# Saved entries

==*==

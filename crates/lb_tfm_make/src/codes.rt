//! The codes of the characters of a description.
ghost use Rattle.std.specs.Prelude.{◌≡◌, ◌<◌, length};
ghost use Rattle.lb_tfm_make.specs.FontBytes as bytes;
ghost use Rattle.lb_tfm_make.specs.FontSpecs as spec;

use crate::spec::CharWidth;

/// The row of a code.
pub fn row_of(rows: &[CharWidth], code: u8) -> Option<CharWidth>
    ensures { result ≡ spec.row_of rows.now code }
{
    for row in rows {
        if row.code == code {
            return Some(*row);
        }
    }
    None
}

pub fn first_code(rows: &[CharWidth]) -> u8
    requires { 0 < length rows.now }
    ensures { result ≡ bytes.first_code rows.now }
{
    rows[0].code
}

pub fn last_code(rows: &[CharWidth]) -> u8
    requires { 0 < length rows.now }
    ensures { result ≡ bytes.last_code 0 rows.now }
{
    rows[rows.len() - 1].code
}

==*==

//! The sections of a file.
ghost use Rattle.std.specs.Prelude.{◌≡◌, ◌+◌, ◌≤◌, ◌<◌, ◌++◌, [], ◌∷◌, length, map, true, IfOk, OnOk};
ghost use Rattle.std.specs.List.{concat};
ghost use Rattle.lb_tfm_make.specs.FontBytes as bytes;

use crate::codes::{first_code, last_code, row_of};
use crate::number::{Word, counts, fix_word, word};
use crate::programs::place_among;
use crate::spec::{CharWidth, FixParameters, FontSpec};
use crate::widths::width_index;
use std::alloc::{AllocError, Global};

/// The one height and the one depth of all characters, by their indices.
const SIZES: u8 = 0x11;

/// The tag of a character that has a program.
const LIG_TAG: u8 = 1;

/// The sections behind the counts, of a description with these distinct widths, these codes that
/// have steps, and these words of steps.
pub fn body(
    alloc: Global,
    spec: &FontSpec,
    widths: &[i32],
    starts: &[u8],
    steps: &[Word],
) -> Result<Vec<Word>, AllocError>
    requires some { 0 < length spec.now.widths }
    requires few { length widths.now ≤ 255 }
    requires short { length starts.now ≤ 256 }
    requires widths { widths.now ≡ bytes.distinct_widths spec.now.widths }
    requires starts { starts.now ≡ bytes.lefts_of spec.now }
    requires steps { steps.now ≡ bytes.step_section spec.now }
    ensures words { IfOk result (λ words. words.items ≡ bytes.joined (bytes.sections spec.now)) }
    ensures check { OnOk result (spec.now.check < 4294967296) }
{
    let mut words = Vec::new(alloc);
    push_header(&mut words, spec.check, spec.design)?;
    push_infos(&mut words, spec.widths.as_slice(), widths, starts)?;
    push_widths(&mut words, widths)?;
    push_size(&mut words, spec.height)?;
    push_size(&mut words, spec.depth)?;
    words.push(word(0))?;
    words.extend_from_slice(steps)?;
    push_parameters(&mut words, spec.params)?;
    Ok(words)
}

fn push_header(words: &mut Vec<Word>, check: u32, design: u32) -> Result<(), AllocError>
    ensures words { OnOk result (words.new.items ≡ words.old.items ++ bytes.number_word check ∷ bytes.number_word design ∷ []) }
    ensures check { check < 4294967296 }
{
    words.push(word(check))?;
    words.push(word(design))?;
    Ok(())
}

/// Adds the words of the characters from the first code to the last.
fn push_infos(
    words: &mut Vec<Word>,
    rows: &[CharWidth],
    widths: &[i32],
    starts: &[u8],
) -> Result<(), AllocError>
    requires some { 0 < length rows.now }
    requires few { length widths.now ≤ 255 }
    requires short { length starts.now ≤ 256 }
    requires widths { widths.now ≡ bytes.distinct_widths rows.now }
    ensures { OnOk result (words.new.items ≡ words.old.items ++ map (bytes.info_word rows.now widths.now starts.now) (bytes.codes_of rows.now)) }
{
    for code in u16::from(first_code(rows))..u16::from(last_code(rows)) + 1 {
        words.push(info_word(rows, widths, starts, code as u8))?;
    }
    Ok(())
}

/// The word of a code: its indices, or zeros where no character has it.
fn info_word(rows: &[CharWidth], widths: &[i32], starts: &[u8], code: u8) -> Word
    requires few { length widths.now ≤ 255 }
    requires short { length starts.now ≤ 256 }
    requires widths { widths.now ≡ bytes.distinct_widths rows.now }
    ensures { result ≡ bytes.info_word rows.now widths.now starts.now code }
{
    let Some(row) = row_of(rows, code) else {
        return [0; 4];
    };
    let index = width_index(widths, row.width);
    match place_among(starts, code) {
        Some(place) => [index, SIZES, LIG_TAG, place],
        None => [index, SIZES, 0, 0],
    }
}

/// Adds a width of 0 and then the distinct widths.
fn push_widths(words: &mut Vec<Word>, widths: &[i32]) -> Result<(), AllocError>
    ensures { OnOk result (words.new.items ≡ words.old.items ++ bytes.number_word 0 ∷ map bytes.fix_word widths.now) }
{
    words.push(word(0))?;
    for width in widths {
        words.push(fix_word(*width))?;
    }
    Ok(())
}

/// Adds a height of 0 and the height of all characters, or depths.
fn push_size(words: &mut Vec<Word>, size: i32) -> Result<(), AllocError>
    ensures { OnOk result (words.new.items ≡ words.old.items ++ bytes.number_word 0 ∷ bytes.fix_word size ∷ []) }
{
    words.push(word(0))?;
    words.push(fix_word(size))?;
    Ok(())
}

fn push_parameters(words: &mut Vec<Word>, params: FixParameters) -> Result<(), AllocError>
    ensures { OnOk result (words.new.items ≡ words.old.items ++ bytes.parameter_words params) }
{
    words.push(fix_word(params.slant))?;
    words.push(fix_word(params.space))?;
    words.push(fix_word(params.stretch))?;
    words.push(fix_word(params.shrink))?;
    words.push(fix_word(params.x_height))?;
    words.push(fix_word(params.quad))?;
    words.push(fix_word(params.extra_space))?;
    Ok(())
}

==*==

# EXERCISE INSTRUCTIONS
Look above for the line holding "use crate::widths::width_index;", then set down exactly that line and every line after it up to and including the line holding "const LIG_TAG: u8 = 1;", with nothing else.

# OUTPUT
use crate::widths::width_index;
use std::alloc::{AllocError, Global};

/// The one height and the one depth of all characters, by their indices.
const SIZES: u8 = 0x11;

/// The tag of a character that has a program.
const LIG_TAG: u8 = 1;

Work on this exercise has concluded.